To use only a subset of methods, pass a vector of methods that you would like to compare.
- tuning_metric
a string that specifies what summary metric will be used to select
the optimal value of tuning parameters. By default, the argument is set to "RMSE". It is
also possible to use "RSquared".
- BRNN_neurons_vector
a vector of possible values for BRNN_neurons argument optimization
- MT_committees_vector
a vector of possible values for MT_committees argument optimization
- MT_neighbors_vector
a vector of possible values for MT_neighbors argument optimization
- MT_rules_vector
a vector of possible values for MT_rules argument optimization
- MT_unbiased_vector
a vector of possible values for MT_unbiased argument optimization
- MT_extrapolation_vector
a vector of possible values for MT_extrapolation argument optimization
- MT_sample_vector
a vector of possible values for MT_sample argument optimization
- RF_ntree_vector
a vector of possible values for RF_ntree argument optimization
- RF_maxnodes_vector
a vector of possible values for RF_maxnodes argument optimization
- RF_mtry_vector
a vector of possible values for RF_mtry argument optimization
- RF_nodesize_vector
a vector of possible values for RF_nodesize argument optimization
- holdout
this argument is used to define observations, which are excluded
from the cross-validation and hyperparameters optimization. The holdout argument must be
a character with one of the following inputs: “early”, “late” or “manual”. If
"early" or "late" characters are specified, then the early or late years will be
used as a holdout data. How many of the "early" or "late" years are used as a holdout
is specified with the argument holdout_share. If the argument holdout is set to “manual”,
then supply a vector of years (or row names) to the argument holdout_manual. Defined
years will be used as a holdout. For the holdout data, the same statistical measures are
calculated as for the cross-validation. The results for holdout metrics are given in the
output element $holdout_results.
- holdout_share
the share of the whole dataset to be used as a holdout.
Default is 0.10.
- holdout_manual
a vector of years (or row names) which will be used as a holdout.

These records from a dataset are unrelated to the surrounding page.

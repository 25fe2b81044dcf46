//! The tree in memory.
ghost use Rattle.std.specs.Prelude.{◌≡◌, IfOk, map, string_bytes};
ghost use Rattle.std.specs.List.{list_any};
ghost use Rattle.std.specs.Option.{option_copied};
ghost use Rattle.std.specs.Str.{bytes_eq};
ghost use Rattle.dist_types.specs.Cause.{counted};
ghost use Rattle.std.proofs.Props.{props};
ghost use Rattle.path_pkg.specs.MapNodes.{nodes_of};
ghost use Rattle.path_pkg.specs.Resolved.{is_within};
ghost use Rattle.path_pkg.specs.Told.{IsInByteOrder};
ghost use Rattle.path_pkg.specs.Tree.{content_of};

use crate::fault::TreeFault;
use crate::listed_calls::begin_call;
use crate::node::{Kind, Node};
use crate::plain_tree::{
    dir_prefix, in_byte_order, is_within, kind_of, link_of, node, paths_below, target_node,
};
use crate::tree::Tree;
use dist_types::fault::raise;
use dist_types::text::Text;
use std::alloc::{AllocError, Global};
use std::collections::BTreeMap;

/// Directories, files and links by their paths. The calls of the listed numbers, from 0 on, fail. Reading
/// the link at a listed path, and walking a directory above one, finds a name that is not UTF-8.
#[derive(Drop)]
pub struct MemTree {
    alloc: Global,
    nodes: BTreeMap<String, Node>,
    fails: Vec<u64>,
    misnames: Vec<Text>,
    calls: u64,
    faults: u64,
    misnamed: u64,
    ghost in_byte_order: { IsInByteOrder (nodes_of nodes.entries) } by { Prim.hlevel props },
}

impl MemTree {
    ghost use Rattle.path_pkg.specs.InMemory.{tree_nodes, tree_fails, tree_misnames, tree_calls, tree_faults};
    ghost use Rattle.path_pkg.specs.InMemory.{tree_misnamed};

    /// A tree of which nothing was asked so far. It takes no memory.
    pub fn new(
        alloc: Global,
        nodes: BTreeMap<String, Node>,
        fails: Vec<u64>,
        misnames: Vec<Text>,
    ) -> Self
        ensures nodes { tree_nodes result ≡ nodes_of nodes.entries }
        ensures fails { tree_fails result ≡ fails.items }
        ensures misnames { tree_misnames result ≡ misnames.items }
        ensures calls { tree_calls result ≡ 0 }
        ensures faults { tree_faults result ≡ 0 }
        ensures misnamed { tree_misnamed result ≡ 0 }
    {
        in_byte_order(&nodes);
        MemTree {
            alloc,
            nodes,
            fails,
            misnames,
            calls: 0,
            faults: 0,
            misnamed: 0,
        }
    }
}

fn is_listed_path(paths: &[Text], path: &str) -> bool
    ensures { result ≡ list_any (bytes_eq path.now) paths.now }
{
    paths.iter().any(|p| path == p.get())
}

fn content_of(node: Option<&Node>) -> Option<&[u8]>
    ensures { option_copied result ≡ content_of (option_copied node.entry) }
{
    match node {
        None => None,
        Some(Node::Dir) => None,
        Some(Node::File(bytes)) => Some(bytes.get()),
        Some(Node::Link(_)) => None,
        Some(Node::Other) => None,
    }
}

fn has_path_below(prefix: &str, paths: &[Text]) -> bool
    ensures { result ≡ list_any (is_within prefix.now) paths.now }
{
    paths.iter().any(|p| is_within(prefix, p.get()))
}

impl Tree for MemTree {
    ghost use Rattle.std.specs.Prelude.{Some, None, Err, ◌⊎◌};
    ghost use Rattle.path_pkg.specs.Told.{WhereTold, LeavesTree};
    ghost use Rattle.path_pkg.specs.Tree.{kind_at, link_at};
    ghost use Rattle.path_pkg.specs.Resolved.{target_kind_at, content_at, paths_below};
    ghost use Rattle.path_pkg.specs.InMemory.{tree_told, tree_nodes, tree_fails, tree_misnames, tree_calls};
    ghost use Rattle.path_pkg.specs.InMemory.{kind_verdict, link_verdict, target_kind_verdict, read_verdict};
    ghost use Rattle.path_pkg.specs.InMemory.{walk_verdict, Answers, told_in_byte_order};

    ghost told = { tree_told };

    /// Failed exactly where this call is listed.
    fn kind(&mut self, path: &str) -> Result<Kind, TreeFault>
        ensures kind { IfOk result (λ k. WhereTold (tree_told self.old) (λ t. k ≡ kind_at t path.now)) }
        ensures leaves { LeavesTree result (tree_told self.old) (tree_told self.new) }

        ensures exact { result ≡ kind_verdict self.old path.now }
        ensures calls { tree_calls self.new ≡ counted (tree_calls self.old) }
        ensures kept { (tree_nodes self.new ≡ tree_nodes self.old)
            × (tree_fails self.new ≡ tree_fails self.old)
            × (tree_misnames self.new ≡ tree_misnames self.old) }
    {
        begin_call(&self.fails, &mut self.calls, &mut self.faults)?;
        Ok(kind_of(node(&self.nodes, path)))
    }

    /// Failed exactly where this call is listed or there is no link, and else NotUtf8 exactly where its path
    /// is listed.
    fn read_link(&mut self, path: &str) -> Result<String, TreeFault>
        ensures target { IfOk result
            (λ s. WhereTold (tree_told self.old) (λ t. link_at t path.now ≡ Some (string_bytes s))) }
        ensures no_link { WhereTold (tree_told self.old) (λ t. link_at t path.now ≡ None
            → result ≡ Err TreeFault.Failed) }
        ensures leaves { LeavesTree result (tree_told self.old) (tree_told self.new) }

        ensures exact { Answers string_bytes (link_verdict self.old path.now) result }
        ensures calls { tree_calls self.new ≡ counted (tree_calls self.old) }
        ensures kept { (tree_nodes self.new ≡ tree_nodes self.old)
            × (tree_fails self.new ≡ tree_fails self.old)
            × (tree_misnames self.new ≡ tree_misnames self.old) }
    {
        begin_call(&self.fails, &mut self.calls, &mut self.faults)?;
        match link_of(node(&self.nodes, path)) {
            None => {
                raise(&mut self.faults);
                Err(TreeFault::Failed)
            }
            Some(target) => {
                if is_listed_path(&self.misnames, path) {
                    raise(&mut self.misnamed);
                    return Err(TreeFault::NotUtf8);
                }
                let copy = String::from_str(self.alloc, target)?;
                Ok(copy)
            }
        }
    }

    /// Failed exactly where this call is listed.
    fn target_kind(&mut self, path: &str) -> Result<Kind, TreeFault>
        ensures kind { IfOk result
            (λ k. WhereTold (tree_told self.old) (λ t. k ≡ target_kind_at t path.now)) }
        ensures leaves { LeavesTree result (tree_told self.old) (tree_told self.new) }

        ensures exact { Answers (λ k. k) (target_kind_verdict self.old path.now) result }
        ensures calls { tree_calls self.new ≡ counted (tree_calls self.old) }
        ensures kept { (tree_nodes self.new ≡ tree_nodes self.old)
            × (tree_fails self.new ≡ tree_fails self.old)
            × (tree_misnames self.new ≡ tree_misnames self.old) }
    {
        begin_call(&self.fails, &mut self.calls, &mut self.faults)?;
        let node = target_node(self.alloc, &self.nodes, path)?;
        Ok(kind_of(node))
    }

    /// Failed exactly where this call is listed or the path leads to no file.
    fn read(&mut self, path: &str) -> Result<Vec<u8>, TreeFault>
        ensures content { IfOk result
            (λ v. WhereTold (tree_told self.old) (λ t. content_at t path.now ≡ Some v.items)) }
        ensures no_file { WhereTold (tree_told self.old) (λ t. content_at t path.now ≡ None
            → (result ≡ Err TreeFault.Failed) ⊎ (result ≡ Err TreeFault.Memory)) }
        ensures leaves { LeavesTree result (tree_told self.old) (tree_told self.new) }

        ensures exact { Answers (λ v. v.items) (read_verdict self.old path.now) result }
        ensures calls { tree_calls self.new ≡ counted (tree_calls self.old) }
        ensures kept { (tree_nodes self.new ≡ tree_nodes self.old)
            × (tree_fails self.new ≡ tree_fails self.old)
            × (tree_misnames self.new ≡ tree_misnames self.old) }
    {
        begin_call(&self.fails, &mut self.calls, &mut self.faults)?;
        let node = target_node(self.alloc, &self.nodes, path)?;
        match content_of(node) {
            None => {
                raise(&mut self.faults);
                Err(TreeFault::Failed)
            }
            Some(bytes) => {
                let copy = Vec::from_slice(self.alloc, bytes)?;
                Ok(copy)
            }
        }
    }

    /// Failed exactly where this call is listed, and else NotUtf8 exactly where a listed path lies below.
    fn walk(&mut self, path: &str) -> Result<Vec<String>, TreeFault>
        ensures paths { IfOk result
            (λ v. WhereTold (tree_told self.old) (λ t. map string_bytes v.items ≡ paths_below t path.now)) }
        ensures leaves { LeavesTree result (tree_told self.old) (tree_told self.new) }

        ensures exact { Answers (λ v. map string_bytes v.items) (walk_verdict self.old path.now) result }
        ensures calls { tree_calls self.new ≡ counted (tree_calls self.old) }
        ensures kept { (tree_nodes self.new ≡ tree_nodes self.old)
            × (tree_fails self.new ≡ tree_fails self.old)
            × (tree_misnames self.new ≡ tree_misnames self.old) }
    {
        begin_call(&self.fails, &mut self.calls, &mut self.faults)?;
        let prefix = dir_prefix(self.alloc, path)?;
        if has_path_below(prefix.as_str(), &self.misnames) {
            raise(&mut self.misnamed);
            return Err(TreeFault::NotUtf8);
        }
        let paths = paths_below(self.alloc, &self.nodes, path)?;
        Ok(paths)
    }

    ghost in_byte_order = { told_in_byte_order };
}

calculated as for the cross-validation.
- total_reproducibility
logical, default is FALSE. This argument ensures total
reproducibility despite the inclusion/exclusion of different methods. By default, the
optimization is done only for the methods, that are included in the methods vector. If
one method is absent or added, the optimization phase is different, and this affects
all the final cross-validation results. By setting the total_reproducibility = TRUE,
all methods will be optimized, even though they are not included in the methods vector
and the final results will be subset based on the methods vector. Setting the
total_reproducibility to TRUE will result in longer optimization phase as well.